There's not a lot of Hyatt resorts either. Why not keep the hilton and take advantage of the RCI online access through Hilton, for when you want travel outside of the Hilton resort areas.


----------



## optimist (Sep 14, 2009)

I bought our Hyatt with the idea of trading.  My experience with searching using Hyatt has been that if you can travel off season, it's fabulous. You can get into most any resort. However, if you want to travel when everyone else is, the preferential window that both Marriott and Starwood gives their owners, eats up pretty much everything.  
So because my kids are still in school and I am tied to school holidays, Hyatt is great if you want to go to one of their resorts but not the best as far as trading.


----------



## Floridaski (Sep 14, 2009)

We own Hyatt and RCI weeks, we have had good luck with Hyatt trading.  About the only think I had a problem with was a Disney Vacation Club search last year, searching for Thanksgiving of 2009.  I now know why this was an issue, Disney was switching from II to RCI.  Now, I see much more Disney availability with RCI.

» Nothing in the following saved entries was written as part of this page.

// The schedules of seeds, played by the site of the file `h`. The first one's line was worked out without this code.
use crate::harness::{IMAGE, Trial, bad, check_all, check_bad_words};
use crate::status::Status;
use crate::tests::PING;
use site_commands::SiteWhy;
use std::test::Fail;

const LOADED: &[u8] =
    b"closed 11 open 2 reset 1 other 2 stale 0 bytes 1023 datagrams 249 again 48\n";

const LOAD: [&str; 4] = ["load", "h", "7", "16"];

#[test]
fn plays_a_made_schedule(rt: HostRuntime) -> Result<(), Fail> {
    let loading = Trial::over(&LOAD, IMAGE, LOADED, Status::Done);
    let trials = [
        loading,
        loading,
        Trial {
            h: &IMAGE[..15],
            output: b"bad site cut 1\n",
            status: bad(SiteWhy::Cut, 1),
            ..loading
        },
        Trial {
            room: 10,
            output: &LOADED[..10],
            status: Status::WriteFault,
            ..loading
        },
        Trial {
            shelf_fails: &[1],
            output: b"",
            status: Status::ShelfFault,
            ..loading
        },
        Trial::over(&["load", "g", "7", "16"], IMAGE, b"", Status::ShelfFault),
    ];
    check_all(&rt, rt.alloc(), &trials)
}

#[test]
fn knows_the_words_of_load(rt: HostRuntime) -> Result<(), Fail> {
    let bad: [&[&str]; 8] = [
        &["load"],
        &["load", "h", "7"],
        &["load", "h", "7", "16", "show"],
        &["load", "h", "7", "0"],
        &["load", "h", "7", "65"],
        &["load", "h", "7", "016"],
        &["load", "h", "-7", "16"],
        &["load", "h", "18446744073709551616", "16"],
    ];
    check_bad_words(&rt, rt.alloc(), PING, &bad)
}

With Hyatt points, we have gone skiing in Colorado and Whistler during spring break.  I always sweat the spring break snow skiing for obvious reasons.  We invested in a Condo in Summit County, Colorado last summer - so this is not an issue any longer.  But, once our son gets out of High School, we will more then likely want to use the Hyatt points to ski other spots.  But, we will not be fixed by the school calendar. 

Moral of the story - if you are NOT looking for winter high season, Hyatt will do just fine.  You may want to find a nice, week - lots of great buys out there.  Keep the Hilton for a year or so and see how it works.  I find it very useful to own time in both II and RCI.

Bottom line we love Hyatt, the resorts are beautiful and we find them to be very customer friendly.  Anyway, I would look at where Hyatt is located.  It made sense to our family since we own homes in Colorado and Florida - this is where most of the Hyatt properties are located.  Easy to use the points last minute or for a quick weekend get away if you can drive!


----------



## Zac495 (Sep 14, 2009)

My thought is that I would use Hyatt exclusively. I love Beach House and Coconut Plantation. I would just use Hyatt. Tough trades get on my nerves - I'm not patient enough for the game - would rather just rent.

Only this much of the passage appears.